Sekretaris Jenderal Kementerian Energi dan Sumber Daya Mineral (ESDM) Dadan Kusdiana menuturkan, hidrogen dan amonia (sebagai pembawa hidrogen) menjadi bagian dari rencana pemerintah di sektor energi. Pada akhir November 2023, Presiden Joko Widodo meresmikan sejumlah proyek energi di Papua Barat, termasuk di antaranya ialah amonia biru (blue ammonia).
”Ke depan, akan ada kompetisi terkait dengan energy storage-nya, apakah menggunakan baterai atau hidrogen dan amonia. Dua-duanya disebut sebagai energy carrier (pembawa energi). Misal ada listrik dalam baterai atau hidrogen karena ada amonia. Ini bisa menjadi energi baru, tetapi di global disebut sebagai pembawa energi,” kata Dadan.
Infrastruktur
Deendarlianto menambahkan, pengembangan energi terbarukan juga perlu mempertimbangkan sisi keekonomian. Artinya, ada pertemuan antara pasokan dan permintaan. Ia pun mendorong energi terbarukan lebih banyak dikembangkan di luar Jawa atau Indonesia bagian timur. Artinya, ada pembentukan pasar energi terbarukan dekat dengan sumbernya.
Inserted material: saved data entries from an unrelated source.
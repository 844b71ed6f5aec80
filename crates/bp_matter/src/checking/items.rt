// Whether items are those of a production.
ghost use Rattle.std.specs.List.{list_all, list_any};
ghost use Rattle.std.specs.Option.{option_copied};
ghost use Rattle.std.specs.Prelude.{IsTrue, ◌+◌, ◌==◌, ◌≡◌};
ghost use Rattle.bp_core.specs.Sorted.{ascends};
ghost use Rattle.bp_matter.specs.Matter.{doc_key, page_key};
ghost use Rattle.bp_matter.specs.Treatments.{is_privileged};
ghost use Rattle.bp_matter.specs.ValidItems.{are_whole, due_after, has_marks, held_row_fits, is_due, is_logged, item_fits, item_marks_fit, item_of, item_texts_fit, numbers_due, optional_fits};
ghost use Rattle.bp_matter.specs.ValidMarks.{box_fits};

use super::entries::entry_fits;
use super::marks::box_fits;
use super::numbers::names;
use crate::rows::{BoxRow, DocRow, Entry, HeldRow, Item, PageRow};
use crate::texts::is_designation;
use crate::treatments::{is_ground, is_privileged, is_redact, is_withheld};
use bp_core::{DocNo, Treatment, ascends, find_row};

fn numbers_due(treatment: Treatment, pages: u32) -> u32
    ensures { result ≡ numbers_due treatment pages }
{
    if is_withheld(treatment) { 1 } else { pages }
}

fn has_marks(item: &Item) -> bool
    ensures { result ≡ has_marks item.now }
{
    !item.boxes.is_empty() || !item.held.is_empty()
}

fn box_is_privileged(boxes: &[BoxRow]) -> bool
    ensures { result ≡ list_any (λ box. is_privileged box.basis) boxes.now }
{
    boxes.iter().any(|row| is_privileged(row.basis))
}

fn held_is_privileged(held: &[HeldRow]) -> bool
    ensures { result ≡ list_any (λ held. is_privileged held.basis) held.now }
{
    held.iter().any(|row| is_privileged(row.basis))
}

fn is_logged(item: &Item) -> bool
    ensures { result ≡ is_logged item.now }
{
    is_withheld(item.treatment)
        || box_is_privileged(item.boxes.as_slice())
        || held_is_privileged(item.held.as_slice())
}

/// Whether a log entry, if there is one, has texts that a call takes.
pub fn optional_fits(entry: &Option<Entry>) -> bool
    ensures { result ≡ optional_fits entry.now }
{
    match entry {
        None => true,
        Some(entry) => entry_fits(entry),
    }
}

fn item_of(doc: Option<&DocRow>, item: &Item) -> bool
    ensures { result ≡ item_of (option_copied doc.entry) item.now }
{
    match doc {
        None => false,
        Some(row) => item.parent == row.parent
            && spans(
                item.span.first,
                item.span.last,
                numbers_due(item.treatment, row.pages),
            ),
    }
}

fn spans(first: u64, last: u64, count: u32) -> bool
    ensures { result ≡ (last + 1 == first + count) }
{
    u128::from(last) + 1 == u128::from(first) + u128::from(count)
}

fn item_boxes_fit(pages: &[PageRow], doc: DocNo, boxes: &[BoxRow]) -> bool
    requires { IsTrue (ascends page_key 0 pages.now) }
    ensures { result ≡ list_all (box_fits pages.now doc.0) boxes.now }
{
    boxes.iter().all(|row| box_fits(pages, doc, row))
}

fn item_held_fit(fields: usize, held: &[HeldRow]) -> bool
    ensures { result ≡ list_all (held_row_fits fields) held.now }
{
    held.iter().all(|row| names(fields, row.field))
}

fn item_marks_fit(fields: usize, pages: &[PageRow], item: &Item) -> bool
    requires { IsTrue (ascends page_key 0 pages.now) }
    ensures { result ≡ item_marks_fit fields pages.now item.now }
{
    ascends(item.boxes.as_slice())
        && item_boxes_fit(pages, item.doc, item.boxes.as_slice())
        && ascends(item.held.as_slice())
        && item_held_fit(fields, item.held.as_slice())
}

fn item_texts_fit(item: &Item) -> bool
    ensures { result ≡ item_texts_fit item.now }
{
    (is_redact(item.treatment) || !has_marks(item))
        && (!is_logged(item) || item.entry.is_some())
        && optional_fits(&item.entry)
}

fn item_fits(fields: usize, docs: &[DocRow], pages: &[PageRow], item: &Item) -> bool
    requires docs { IsTrue (ascends doc_key 0 docs.now) }
    requires pages { IsTrue (ascends page_key 0 pages.now) }
    ensures { result ≡ item_fits fields docs.now pages.now item.now }
{
    item_of(find_row(docs, u128::from(item.doc.0)), item)
        && is_ground(item.treatment)
        && is_designation(&item.designation)
        && item_marks_fit(fields, pages, item)
        && item_texts_fit(item)
}

pub(crate) fn items_fit(fields: usize, docs: &[DocRow], pages: &[PageRow], items: &[Item]) -> bool
    requires docs { IsTrue (ascends doc_key 0 docs.now) }
    requires pages { IsTrue (ascends page_key 0 pages.now) }
    ensures { result ≡ list_all (item_fits fields docs.now pages.now) items.now }
{
    items
        .iter()
        .all(|item| item_fits(fields, docs, pages, item))
}

fn due_after(next: Option<&DocRow>, item: &Item) -> u32
    ensures { result ≡ due_after (option_copied next.entry) item.now }
{
    match next {
        None => 0,
        Some(next) => if next.parent == item.parent {
            next.doc.0
        } else {
            0
        },
    }
}

fn is_due(due: u32, item: &Item) -> bool
    ensures { result ≡ is_due due item.now }
{
    if due == 0 {
        item.parent.0 == item.doc.0
    } else {
        item.doc.0 == due
    }
}

pub(crate) fn are_whole(docs: &[DocRow], items: &[Item]) -> bool
    requires { IsTrue (ascends doc_key 0 docs.now) }
    ensures { result ≡ are_whole docs.now 0 1 items.now }
{
    let mut due = 0;
    let mut low = 1;
    let mut rest = items;
    while let Some((item, others)) = rest.split_first() {
        let doc = item.doc.0;
        if u128::from(doc) < low || !is_due(due, item) {
            return false;
        }
        low = u128::from(doc) + 1;
        due = due_after(find_row(docs, low), item);
        rest = others;
    }
    due == 0
}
Menteri ESDM Arifin Tasrif dalam Seminar Nasional Outlook Perekonomian Indonesia 2024, yang digelar Kementerian Koordinator Bidang Perekonomian, Jumat (22/12/2023), mengakui, realisasi energi terbarukan masih jauh dari target. Dari target 23 persen energi terbarukan dalam bauran energi primer pada 2025, baru 13,8 persen yang tercapai. Padahal, batas waktu tinggal dua tahun.
”Penyebabnya adalah (pandemi) Covid-19. Lalu, kita harus mempersiapkan infrastruktur serta menciptakan demand. Untuk infrastruktur (energi terbarukan) sudah diprogramkan jaringan transmisi (kelistrikan) yang mengakses energi terbarukan, yang sumbernya banyak di Indonesia. Lalu demand listrik baru yang diisi oleh energi terbarukan,” kata Arifin.
Di sisi lain, sebagai energi penjembatan dalam transisi energi, gas bumi juga akan terus dioptimalkan. Oleh karena itu, ujar Arifin, selain pembangunan jaringan transmisi listrik, transmisi gas bumi juga bakal dipacu. Gas bumi diharapkan menjadi jawaban dari ketergantungan pada elpiji yang permintaannya terus meningkat, sedangkan pemenuhannya mayoritas melalui impor.